# Definition:Divide (Model Theory)

## Definition

Let $T$ be a complete $\mathcal L$-theory.

Let $\mathfrak C$ be a monster model for $T$.

Let $A$ be a subset of the universe of $\mathfrak C$.

Let $\phi \left({\bar x, \bar b}\right)$ be an $\mathcal L$-formula with free variables $\bar x$ and parameters $\bar b$ from the universe of $\mathfrak C$.

Let $\operatorname{tp} \left({\bar b / A}\right)$ denote the type of $\bar b$ over $A$.

Then $\phi \left({\bar x, \bar b}\right)$ **$k$-divides in $\mathfrak C$ over $A$** if and only if:

- there exists a sequence $\left\langle{\bar b_i}\right\rangle_{i \mathop \in \N}$ such that $\operatorname{tp} \left({\bar b_i / A}\right) = \operatorname{tp} \left({\bar b / A}\right)$ for each $i \in \N$

and:

- for any distinct $k$-many terms $\bar b_{i_1}, \ldots, \bar b_{i_k}$ of the sequence, the set $\left\{{\phi \left({\bar x, \bar b_{i_1} }\right), \ldots, \phi \left({\bar x, \bar b_{i_k} }\right)}\right\}$ is not satisfiable in $\mathfrak C$.

Let $\pi \left({\bar x, \bar b}\right)$ be a set of formulas with parameters $\bar b$.

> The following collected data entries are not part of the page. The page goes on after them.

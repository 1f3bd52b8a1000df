//! How characters and texts are compared.
ghost use Rattle.std.specs.Prelude.{◌≡◌};
ghost use Rattle.vb_value.specs.Errors.{reported};
ghost use Rattle.vb_value.specs.Outcome.{Answers, Gives};
ghost use Rattle.vb_strings.specs.Comparing as spec;

use crate::texts::as_text;
use std::alloc::Global;
use std::cmp::Ordering;
use vb_value::{Memory, Text, Value, VbError, VbFault, fold, is_null, to_long};

/// How the characters of texts are compared (VBScript 5.6, "Comparison Constants").
#[derive(Clone, Copy, Debug, PartialEq, Eq)]
pub enum Comparison {
    /// By their numbers.
    Exact,
    /// The letters A to Z as a to z.
    AnyCase,
}

/// The comparison that an argument names; error 5 for another number than 0 and 1.
pub fn comparison_named(value: &Value) -> Result<Comparison, VbError>
    ensures { result ≡ spec.comparison_of value.now }
{
    named(to_long(value)?)
}

/// The comparison of this number.
fn named(number: i32) -> Result<Comparison, VbError>
    ensures { result ≡ spec.named number }
{
    match number {
        0 => Ok(Comparison::Exact),
        1 => Ok(Comparison::AnyCase),
        _ => Err(VbError::INVALID_CALL),
    }
}

/// Whether two characters are the same.
pub fn same(comparison: Comparison, a: char, b: char) -> bool
    ensures { result ≡ spec.same comparison a b }
{
    match comparison {
        Comparison::Exact => a == b,
        Comparison::AnyCase => a.to_ascii_lowercase() == b.to_ascii_lowercase(),
    }
}

/// `StrComp`.
pub fn str_comp(alloc: Global, args: &[Value]) -> Result<Value, VbFault>
    ensures { Answers result VbFault.Memory (reported (spec.str_comp_of args.now)) }
{
    match args {
        [a, b] => compared(alloc, a, b, Ok(Comparison::Exact)),
        [a, b, given] => compared(alloc, a, b, comparison_named(given)),
        _ => Err(VbError::WRONG_NUMBER)?,
    }
}

/// Two values compared as texts.
fn compared(
    alloc: Global,
    a: &Value,
    b: &Value,
    comparison: Result<Comparison, VbError>,
) -> Result<Value, VbFault>
    ensures { Answers result VbFault.Memory (reported (spec.compared a.now b.now comparison)) }
{
    if is_null(a) || is_null(b) {
        return Ok(Value::Null);
    }
    let first = as_text(alloc, a)?;
    let second = as_text(alloc, b)?;
    let order = order(alloc, comparison?, first.text(), second.text())?;
    Ok(Value::Int(sign(order)))
}

/// How two texts compare.
#[tactic(auto, using(crate::proofs::Orders::exact_order))]
fn order(alloc: Global, comparison: Comparison, a: &Text, b: &Text) -> Result<Ordering, Memory>
    ensures { Gives result (spec.order_of comparison a.now b.now) }
{
    match comparison {
        Comparison::Exact => Ok(a.cmp(b)),
        Comparison::AnyCase => {
            let first = fold(alloc, a)?;
            let second = fold(alloc, b)?;
            Ok(first.cmp(&second))
        }
    }
}

/// -1, 0 or 1.
fn sign(order: Ordering) -> i16
    ensures { result ≡ spec.sign_of order }
{
    match order {
        Ordering::Less => -1,
        Ordering::Equal => 0,
        Ordering::Greater => 1,
    }
}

$\pi \left({\bar x, \bar b}\right)$ **$k$-divides** over $A$ if it implies a formula $\phi \left({x, \bar c}\right)$ which $k$-divides over $A$.

Formulas and sets of formulas are said to **divide** if they $k$-divide for some $k$.

## Note

To help understand the definition, consider the following informal discussion.

We can think of $\phi \left({x, y}\right)$ as a description of $x$ in terms of $y$.

If $b$ and $b'$ have the same type over $A$, then as far as $A$ can tell, $b$ and $b'$ are the same thing, in the sense that they both satisfy the same formulas with parameters from $A$.

So $\phi \left({x, b}\right)$ $k$-dividing over $A$ means that we can find an infinite sequence of parameters $b_i$ that $A$ can't tell apart, but nevertheless, no $x$ can satisfy any $k$ of the descriptions $\phi \left({x, b_i}\right)$ at the same time.

## Example

Consider the language $\mathcal L = \left\{{\sim}\right\}$ with one binary relation symbol $\sim$.

Let $\mathcal M = \left({\R^2, P}\right)$ be the $\mathcal L$-structure where $P$ is the equivalence relation defined by $\left({x_1, y_1}\right) \mathrel P \left({x_2, y_2}\right)$ if and only if $x_1 = x_2$.

That is, $P$ identifies points in the plane which project vertically to the same value on the $x$-axis.

Let $\mathfrak C$ be some monster model for $\mathcal M$.

The formula $x \sim \left({0, 0}\right)$ $2$-divides over $\varnothing$, which can be seen by considering the sequence $\left({\left({0, 0}\right), \left({1, 0}\right), \left({2, 0}\right), \left({3, 0}\right), \ldots}\right)$.

The language is not very complicated; every $\left({n, m}\right)$ has the same type over $\varnothing$, so in particular each term in this sequence has the same type as $\left({0, 0}\right)$.

However, $x \sim \left({n, 0}\right)$ and $x \sim \left({m, 0}\right)$ cannot be simultaneously satisfied for $n \ne m$, since this would imply $\left({n, 0}\right) \mathrel P \left({m, 0}\right)$, which is impossible.

The formula $x \sim \left({0, 0}\right)$ does not $k$-divide over $A = \left\{{\left({0, y}\right): y \in \R}\right\}$ for any $k$ however, since only points of the form $\left({0, y}\right)$ are of the same type as $\left({0, 0}\right)$ over $A$.